By now most here have heard about Research In Motion’s (RIM) outages, which affected approximately 30 to 40 million Blackberry users.
That’s about half of all Blackberry subscribers worldwide. Affected areas included the U.S., Canada, Europe, the Middle East, India, Africa, and Latin America. Not a pretty picture for a company that, according to the Financial Times of London, advertises a 99.999% network reliability rating (no mention of who the rating entity is, however) – and it’s particularly poor timing being that competition just increased by virtue of the debut of the new iPhone model.
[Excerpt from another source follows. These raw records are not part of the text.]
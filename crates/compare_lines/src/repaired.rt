//! What is said of a choice that one more change makes a game.

use crate::lines::push_name;
use compare_alignments::Side;
use compare_answers::ComparisonAnswer;
use compare_repaired::{BestRepair, RepairedChoice};
use explain_parts::say;
use repair_lines::push_change;
use repair_single::Repair;
use std::alloc::AllocError;

/// The words for the sheet whose line is changed; an empty text if the line has the same number on both.
fn words_for(changed: Option<Side>) -> &'static str {
    match changed {
        Some(Side::First) => "first sheet, ",
        Some(Side::Second) => "second sheet, ",
        None => "",
    }
}

/// Appends which lines a repaired choice takes, and its first repair.
fn push_first(
    text: &mut Vec<u8>,
    answer: &ComparisonAnswer,
    choice: &RepairedChoice,
    repair: &Repair,
) -> Result<(), AllocError> {
    push_name(text, answer, choice.choice)?;
    say!(text; " is a game with one more change: ", words_for(answer.changed))?;
    push_change(
        text,
        &answer.sheets.first.players,
        choice.written.as_slice(),
        &repair.listed.change,
        repair.right.as_slice(),
    )?;
    say!(text; "\n")
}

/// Appends that a repair is not ahead of all others, if that is so.
fn push_rival(text: &mut Vec<u8>, best: &BestRepair) -> Result<(), AllocError> {
    if best.ahead {
        return Ok(());
    }
    say!(text; "another change would make a game as well\n")
}

/// Appends the repaired choice with the cheapest repair, if there is one.
pub(crate) fn push_repaired(
    text: &mut Vec<u8>,
    answer: &ComparisonAnswer,
) -> Result<(), AllocError> {
    let repaired = &answer.repaired;
    let (Some(best), Some(choice), Some(repair)) = (
        repaired.best,
        repaired.best_choice(),
        repaired.best_repair(),
    ) else {
        return Ok(());
    };
    push_first(text, answer, choice, repair)?;
    push_rival(text, &best)
}
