//! What a sheet says with a change.
ghost use Rattle.std.specs.Prelude.{◌≡◌, ◌+◌, map, slice_get, IfOk};
ghost use Rattle.gcg_read.specs.Numerals.{IsPoints};
ghost use Rattle.repair_changes.specs.Splices.{spliced};
ghost use Rattle.repair_changes.specs.Applied.{applied};
ghost use Rattle.repair_single.specs.OnSheet.{total_after, score_in, line_on_sheet, on_sheet};

use game_corrections::had_before;
use gcg_read::{Event, Events, Points};
use repair_changes::{Change, Slip, apply};
use std::alloc::{AllocError, Global};

/// The score of the event at a place, or 0 if there is none.
fn score_at(right: &[Event], place: usize) -> Points
    ensures { result ≡ score_in (slice_get right.now place) }
{
    match right.get(place) {
        Some(event) => event.score,
        None => Points::new(0).unwrap(),
    }
}

/// The total that a player has after a missing line with this score.
fn total_after(had: i32, score: Points) -> Points
    requires { IsPoints had }
    ensures { result ≡ total_after had score }
{
    match Points::new(had + score.value()) {
        Some(total) => total,
        None => Points::new(had).unwrap(),
    }
}

/// Gives a missing line the numbers that it would have on the sheet. If there is no line, nothing is changed.
#[tactic(auto, using(crate::proofs::SheetLines::line_written, crate::proofs::SheetLines::none_spliced))]
fn write_line(sheet: &mut Events, place: usize, right: &[Event])
    ensures { sheet.new ≡ spliced place 1 (map (line_on_sheet sheet.old right.now place)) sheet.old }
{
    let events = sheet.as_slice();
    let Some(line) = events.get(place) else {
        return;
    };
    let score = score_at(right, place);
    let total = total_after(had_before(events, line.player, place), score);
    sheet.set_score(place, score);
    sheet.set_total(place, total);
}

/// The events of a record with a change, with the numbers of the sheet, given the same events with the right ones: a missing line has its right score.
///
/// It fails only if memory runs out.
pub fn on_sheet(
    alloc: Global,
    change: &Change,
    events: &[Event],
    right: &[Event],
) -> Result<Events, AllocError>
    ensures { IfOk result (λ sheet. sheet ≡ on_sheet change.now (applied change.now events.now) right.now) }
{
    let mut sheet = apply(alloc, change, events)?;
    if let Slip::Missing(_) = &change.slip {
        write_line(&mut sheet, change.place, right);
    }
    Ok(sheet)
}
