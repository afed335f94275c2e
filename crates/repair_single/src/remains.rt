//! What stays wrong with a change.
ghost use Rattle.std.specs.Prelude.{◌≡◌, ◌+◌, length};

use game_corrections::WrongNumber;
use game_turns::SpelledWord;
use repair_changes::{Slip, remaining_cost, weight_of};

/// What stays wrong with a change, once the numbers are corrected.
#[derive(Drop)]
pub struct Remains {
    /// The scores and the sums of the sheet that are not those of the rules.
    pub wrong: Vec<WrongNumber>,
    /// The words that stand and are not in the list.
    pub unlisted: Vec<SpelledWord>,
}

impl Remains {
    ghost use Rattle.repair_single.specs.Costs.{costs};

    /// How many numbers and words these are.
    pub fn many(&self) -> u128
        ensures { result ≡ length self.now.wrong.items + length self.now.unlisted.items }
    {
        self.wrong.len() as u128 + self.unlisted.len() as u128
    }

    /// What a slip costs if these stay wrong with it.
    pub fn cost(&self, slip: &Slip) -> u128
        ensures { result ≡ costs (length self.now.wrong.items) (length self.now.unlisted.items) slip.now }
    {
        remaining_cost(self.wrong.len(), self.unlisted.len()) + weight_of(slip) as u128
    }
}
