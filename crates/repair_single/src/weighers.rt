//! How a change is weighed: by all numbers of a sheet, or by those of a draft that are written.
ghost use Rattle.std.specs.Prelude.{◌≡◌, IfOk};
ghost use Rattle.game_corrections.specs.Corrections.{AreRenumbered};
ghost use Rattle.repair_changes.specs.Applied.{applied};
ghost use Rattle.repair_single.specs.Weighers.{written_with};

use crate::remaining::wrong_with;
use draft_numbers::{lacks_with, wrong_written};
use game_corrections::WrongNumber;
use game_walk::numbers_of;
use gcg_drafts::Missing;
use gcg_read::{Event, Events};
use repair_changes::{Change, apply};
use std::alloc::{AllocError, Global};

/// The written numbers of a draft that stay wrong with a change, by what its lines lack.
fn written_with(
    alloc: Global,
    lacks: &[Missing],
    change: &Change,
    events: &[Event],
    right: &Events,
) -> Result<Vec<WrongNumber>, AllocError>
    ensures { IfOk result (λ wrong. wrong.items ≡ written_with lacks.now change.now events.now right.now) }
{
    let changed = apply(alloc, change, events)?;
    let lacking = lacks_with(alloc, change, lacks)?;
    let numbers = numbers_of(alloc, right.as_slice())?;
    wrong_written(
        alloc,
        lacking.as_slice(),
        changed.as_slice(),
        numbers.as_slice(),
    )
}

/// Which numbers of a sheet count, when a change is weighed.
#[derive(Drop)]
pub enum Weigher {
    /// All of them.
    Sheet,
    /// Those of a draft that are written, by what its lines lack: a number that is missing is neither right nor wrong.
    Draft(Vec<Missing>),
}

impl Weigher {
    ghost use Rattle.repair_single.specs.Weighers.{wrong_by, room_of};

    /// The numbers that stay wrong with a change, compared with the right events.
    pub(crate) fn wrong(
        &self,
        alloc: Global,
        change: &Change,
        events: &[Event],
        right: &Events,
    ) -> Result<Vec<WrongNumber>, AllocError>
        requires { AreRenumbered (applied change.now events.now) right.now }
        ensures { IfOk result (λ wrong. wrong.items ≡ wrong_by self.now change.now events.now right.now) }
    {
        match self {
            Weigher::Sheet => wrong_with(alloc, change, events, right),
            Weigher::Draft(lacks) => written_with(alloc, lacks.as_slice(), change, events, right),
        }
    }

    /// Fewer numbers and words of the sheet than this stay wrong, if fewer of those that count do than `below`. Of a draft that is not known.
    pub(crate) fn room(&self, below: Option<usize>) -> Option<usize>
        ensures { result ≡ room_of self.now below }
    {
        match self {
            Weigher::Sheet => below,
            Weigher::Draft(_) => None,
        }
    }
}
Of particular concern is that RIM was reporting the problem as fixed the first day’s night, after reports of initial outages in Europe, Africa and the Middle East. By next day, however, outages and service disruptions were spreading: RIM was forced to correct its position, and report that the disruption was the failure of a “core switch” – responsible for routing traffic across what I guess we must assume is the near-totality of RIM’s network. Hmmm… I’m wondering if this “core-switch” issue is an over-simplification of an infrastructure failure… or the alternative?
The alternative, and the face assumption, would be that this was a single-point-of-failure type of incident. In other words, there was a core-switch, with no attendant parallel piece of backup infrastructure, process, and data traffic. When that switch popped… data dropped. I am so sorry for that rhyme. No I’m not “:^ )
I find it difficult to believe that this was a single-point issue – but you never know. It well might have been: I’ve seen many surprising things in the businesses I survey and counsel. But the RIM/Blackberry incident, and its high-profile newsworthiness, makes for a great lesson. And – it came just in time for October’s National Cyber-security Awareness Month (here in the U.S.).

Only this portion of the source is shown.